## Task instructions
All records after this line are to be returned verbatim.

## Records for the exercise

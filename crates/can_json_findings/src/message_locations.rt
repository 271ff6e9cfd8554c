//! The lines of messages and their signals.
ghost use Rattle.std.specs.Prelude.{◌≡◌, ◌++◌, OnOk, length, take};
ghost use Rattle.std.specs.List.{flat_map};
ghost use Rattle.can_json_findings.specs.Locations.{message_location, sender_location, signal_location, receiver_location};
ghost use Rattle.can_json_findings.specs.Locations.{location_line, head_lines, receiver_lines, signal_lines, signals_lines};
ghost use Rattle.can_json_findings.specs.Locations.{message_lines};

use crate::location::push_part;
use can_diagnostics::Subject;
use can_findings::{after_first, first_start, parted};
use dbc_ranges::Part;
use dbc_reader::Start;
use dbc_records::{Head, Message, Signal};
use dbc_values::{Copied, Memory, Name};

fn push_message(lines: &mut Vec<u8>, text: &[u8], head: &Head, start: Start) -> Result<(), Memory>
    ensures { OnOk result (lines.new.items ≡ lines.old.items ++ location_line text.now (message_location head.now start)) }
{
    let subject = Subject::Message(head.number, head.name.copy()?);
    push_part(lines, text, &subject, start, Part::Key(3))
}

fn push_sender(lines: &mut Vec<u8>, text: &[u8], head: &Head, start: Start) -> Result<(), Memory>
    ensures { OnOk result (lines.new.items ≡ lines.old.items ++ location_line text.now (sender_location head.now start)) }
{
    let name = head.name.copy()?;
    let subject = Subject::Sender(head.number, name, head.sender.copy()?);
    push_part(lines, text, &subject, start, Part::Sender)
}

#[tactic(auto, using(crate::proofs::Pushed::pushed_then), unfolding(crate::specs::Locations::head_lines))]
fn push_head(lines: &mut Vec<u8>, text: &[u8], head: &Head, start: Start) -> Result<(), Memory>
    ensures { OnOk result (lines.new.items ≡ lines.old.items ++ head_lines text.now head.now start) }
{
    push_message(lines, text, head, start)?;
    push_sender(lines, text, head, start)?;
    Ok(())
}

// A signal of a message, and where it begins.
#[derive(Clone, Copy)]
struct SignalAt<'a> {
    head: &'a Head,
    signal: &'a Signal,
    start: Start,
}

fn push_signal_name(lines: &mut Vec<u8>, text: &[u8], at: SignalAt<'_>) -> Result<(), Memory>
    ensures { OnOk result (lines.new.items ≡ lines.old.items
        ++ location_line text.now (signal_location at.entry.head.now at.entry.signal.now at.entry.start)) }
{
    let (head, signal): (&Head, &Signal) = (at.head, at.signal);
    let message = head.name.copy()?;
    let subject = Subject::Signal(head.number, message, signal.name.copy()?);
    push_part(lines, text, &subject, at.start, Part::Key(2))
}

fn push_receiver(
    lines: &mut Vec<u8>,
    text: &[u8],
    at: SignalAt<'_>,
    node: &Name,
) -> Result<(), Memory>
    ensures { OnOk result (lines.new.items ≡ lines.old.items
        ++ location_line text.now (receiver_location at.entry.head.now at.entry.signal.now at.entry.start node.now)) }
{
    let (head, signal): (&Head, &Signal) = (at.head, at.signal);
    let message = head.name.copy()?;
    let name = signal.name.copy()?;
    let subject = Subject::Receiver(head.number, message, name, node.copy()?);
    let part = Part::Receiver(node.as_bytes());
    push_part(lines, text, &subject, at.start, part)
}

fn push_receivers(
    lines: &mut Vec<u8>,
    text: &[u8],
    at: SignalAt<'_>,
    nodes: &[Name],
) -> Result<(), Memory>
    ensures { OnOk result (lines.new.items ≡ lines.old.items
        ++ flat_map (λ node. location_line text.now (receiver_location at.entry.head.now at.entry.signal.now at.entry.start node))
        nodes.now) }
{
    for node in nodes {
        push_receiver(lines, text, at, node)?;
    }
    Ok(())
}

#[tactic(auto, using(crate::proofs::Pushed::pushed_then), unfolding(crate::specs::Locations::signal_lines))]
fn push_signal(lines: &mut Vec<u8>, text: &[u8], at: SignalAt<'_>) -> Result<(), Memory>
    ensures { OnOk result (lines.new.items ≡ lines.old.items
        ++ signal_lines text.now at.entry.head.now at.entry.signal.now at.entry.start) }
{
    push_signal_name(lines, text, at)?;
    let signal: &Signal = at.signal;
    push_receivers(lines, text, at, signal.receivers.as_slice())?;
    Ok(())
}

// The lines of the signals of a message, which begin there.
#[tactic(auto, using(crate::proofs::Pushed::step))]
fn push_signals(
    lines: &mut Vec<u8>,
    text: &[u8],
    message: &Message,
    starts: &[Start],
) -> Result<(), Memory>
    ensures { OnOk result (lines.new.items ≡ lines.old.items
        ++ signals_lines text.now message.now.head message.now.signals starts.now) }
{
    let head = &message.head;
    let (mut left, mut further) = (message.signals.as_slice(), starts);
    'signals: while let [signal, others @ ..] = left {
        let start = first_start(further);
        let at = SignalAt {
            head,
            signal,
            start,
        };
        push_signal(lines, text, at)?;
        (left, further) = (others, after_first(further));
    }
    Ok(())
}

// The lines of a message that begins there, and of its signals, which begin there.
#[tactic(auto, using(crate::proofs::Pushed::pushed_then))]
fn push_whole_message(
    lines: &mut Vec<u8>,
    text: &[u8],
    message: &Message,
    start: Start,
    signals: &[Start],
) -> Result<(), Memory>
    ensures { OnOk result (lines.new.items ≡ lines.old.items ++ (head_lines text.now message.now.head start
        ++ signals_lines text.now message.now.head message.now.signals signals.now)) }
{
    push_head(lines, text, &message.head, start)?;
    push_signals(lines, text, message, signals)?;
    Ok(())
}

/// Appends the lines of messages, which begin there, and of their signals to the lines.
#[tactic(auto, using(crate::proofs::Pushed::step))]
pub(crate) fn push_messages(
    lines: &mut Vec<u8>,
    text: &[u8],
    messages: &[Message],
    heads: &[Start],
    signals: &[Start],
) -> Result<(), Memory>
    ensures { OnOk result (lines.new.items ≡ lines.old.items ++ message_lines text.now messages.now heads.now signals.now) }
{
    let (mut left, mut further, mut rest) = (messages, heads, signals);
    'messages: while let [message, others @ ..] = left {
        let (own, after) = parted(rest, message.signals.len());
        push_whole_message(lines, text, message, first_start(further), own)?;
        (left, further, rest) = (others, after_first(further), after);
    }
    Ok(())
}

## Result of this task
filename crates/can_json_findings/src/message_locations.rt
repository 271ff6e9cfd8554c
//! The lines of messages and their signals.
ghost use Rattle.std.specs.Prelude.{◌≡◌, ◌++◌, OnOk, length, take};
ghost use Rattle.std.specs.List.{flat_map};
ghost use Rattle.can_json_findings.specs.Locations.{message_location, sender_location, signal_location, receiver_location};
ghost use Rattle.can_json_findings.specs.Locations.{location_line, head_lines, receiver_lines, signal_lines, signals_lines};
ghost use Rattle.can_json_findings.specs.Locations.{message_lines};

use crate::location::push_part;
use can_diagnostics::Subject;
use can_findings::{after_first, first_start, parted};
use dbc_ranges::Part;
use dbc_reader::Start;
use dbc_records::{Head, Message, Signal};
use dbc_values::{Copied, Memory, Name};

fn push_message(lines: &mut Vec<u8>, text: &[u8], head: &Head, start: Start) -> Result<(), Memory>
    ensures { OnOk result (lines.new.items ≡ lines.old.items ++ location_line text.now (message_location head.now start)) }
{
    let subject = Subject::Message(head.number, head.name.copy()?);
    push_part(lines, text, &subject, start, Part::Key(3))
}

fn push_sender(lines: &mut Vec<u8>, text: &[u8], head: &Head, start: Start) -> Result<(), Memory>
    ensures { OnOk result (lines.new.items ≡ lines.old.items ++ location_line text.now (sender_location head.now start)) }
{
    let name = head.name.copy()?;
    let subject = Subject::Sender(head.number, name, head.sender.copy()?);
    push_part(lines, text, &subject, start, Part::Sender)
}

#[tactic(auto, using(crate::proofs::Pushed::pushed_then), unfolding(crate::specs::Locations::head_lines))]
fn push_head(lines: &mut Vec<u8>, text: &[u8], head: &Head, start: Start) -> Result<(), Memory>
    ensures { OnOk result (lines.new.items ≡ lines.old.items ++ head_lines text.now head.now start) }
{
    push_message(lines, text, head, start)?;
    push_sender(lines, text, head, start)?;
    Ok(())
}

// A signal of a message, and where it begins.
#[derive(Clone, Copy)]
struct SignalAt<'a> {
    head: &'a Head,
    signal: &'a Signal,
    start: Start,
}

fn push_signal_name(lines: &mut Vec<u8>, text: &[u8], at: SignalAt<'_>) -> Result<(), Memory>
    ensures { OnOk result (lines.new.items ≡ lines.old.items
        ++ location_line text.now (signal_location at.entry.head.now at.entry.signal.now at.entry.start)) }
{
    let (head, signal): (&Head, &Signal) = (at.head, at.signal);
    let message = head.name.copy()?;
    let subject = Subject::Signal(head.number, message, signal.name.copy()?);
    push_part(lines, text, &subject, at.start, Part::Key(2))
}

fn push_receiver(
    lines: &mut Vec<u8>,
    text: &[u8],
    at: SignalAt<'_>,
    node: &Name,
) -> Result<(), Memory>
    ensures { OnOk result (lines.new.items ≡ lines.old.items
        ++ location_line text.now (receiver_location at.entry.head.now at.entry.signal.now at.entry.start node.now)) }
{
    let (head, signal): (&Head, &Signal) = (at.head, at.signal);
    let message = head.name.copy()?;
    let name = signal.name.copy()?;
    let subject = Subject::Receiver(head.number, message, name, node.copy()?);
    let part = Part::Receiver(node.as_bytes());
    push_part(lines, text, &subject, at.start, part)
}

fn push_receivers(
    lines: &mut Vec<u8>,
    text: &[u8],
    at: SignalAt<'_>,
    nodes: &[Name],
) -> Result<(), Memory>
    ensures { OnOk result (lines.new.items ≡ lines.old.items
        ++ flat_map (λ node. location_line text.now (receiver_location at.entry.head.now at.entry.signal.now at.entry.start node))
        nodes.now) }
{
    for node in nodes {
        push_receiver(lines, text, at, node)?;
    }
    Ok(())
}

#[tactic(auto, using(crate::proofs::Pushed::pushed_then), unfolding(crate::specs::Locations::signal_lines))]
fn push_signal(lines: &mut Vec<u8>, text: &[u8], at: SignalAt<'_>) -> Result<(), Memory>
    ensures { OnOk result (lines.new.items ≡ lines.old.items
        ++ signal_lines text.now at.entry.head.now at.entry.signal.now at.entry.start) }
{
    push_signal_name(lines, text, at)?;
    let signal: &Signal = at.signal;
    push_receivers(lines, text, at, signal.receivers.as_slice())?;
    Ok(())
}

// The lines of the signals of a message, which begin there.
#[tactic(auto, using(crate::proofs::Pushed::step))]
fn push_signals(
    lines: &mut Vec<u8>,
    text: &[u8],
    message: &Message,
    starts: &[Start],
) -> Result<(), Memory>
    ensures { OnOk result (lines.new.items ≡ lines.old.items
        ++ signals_lines text.now message.now.head message.now.signals starts.now) }
{
    let head = &message.head;
    let (mut left, mut further) = (message.signals.as_slice(), starts);
    'signals: while let [signal, others @ ..] = left {
        let start = first_start(further);
        let at = SignalAt {
            head,
            signal,
            start,
        };
        push_signal(lines, text, at)?;
        (left, further) = (others, after_first(further));
    }
    Ok(())
}

// The lines of a message that begins there, and of its signals, which begin there.
#[tactic(auto, using(crate::proofs::Pushed::pushed_then))]
fn push_whole_message(
    lines: &mut Vec<u8>,
    text: &[u8],
    message: &Message,
    start: Start,
    signals: &[Start],
) -> Result<(), Memory>
    ensures { OnOk result (lines.new.items ≡ lines.old.items ++ (head_lines text.now message.now.head start
        ++ signals_lines text.now message.now.head message.now.signals signals.now)) }
{
    push_head(lines, text, &message.head, start)?;
    push_signals(lines, text, message, signals)?;
    Ok(())
}

/// Appends the lines of messages, which begin there, and of their signals to the lines.
#[tactic(auto, using(crate::proofs::Pushed::step))]
pub(crate) fn push_messages(
    lines: &mut Vec<u8>,
    text: &[u8],
    messages: &[Message],
    heads: &[Start],
    signals: &[Start],
) -> Result<(), Memory>
    ensures { OnOk result (lines.new.items ≡ lines.old.items ++ message_lines text.now messages.now heads.now signals.now) }
{
    let (mut left, mut further, mut rest) = (messages, heads, signals);
    'messages: while let [message, others @ ..] = left {
        let (own, after) = parted(rest, message.signals.len());
        push_whole_message(lines, text, message, first_start(further), own)?;
        (left, further, rest) = (others, after_first(further), after);
    }
    Ok(())
}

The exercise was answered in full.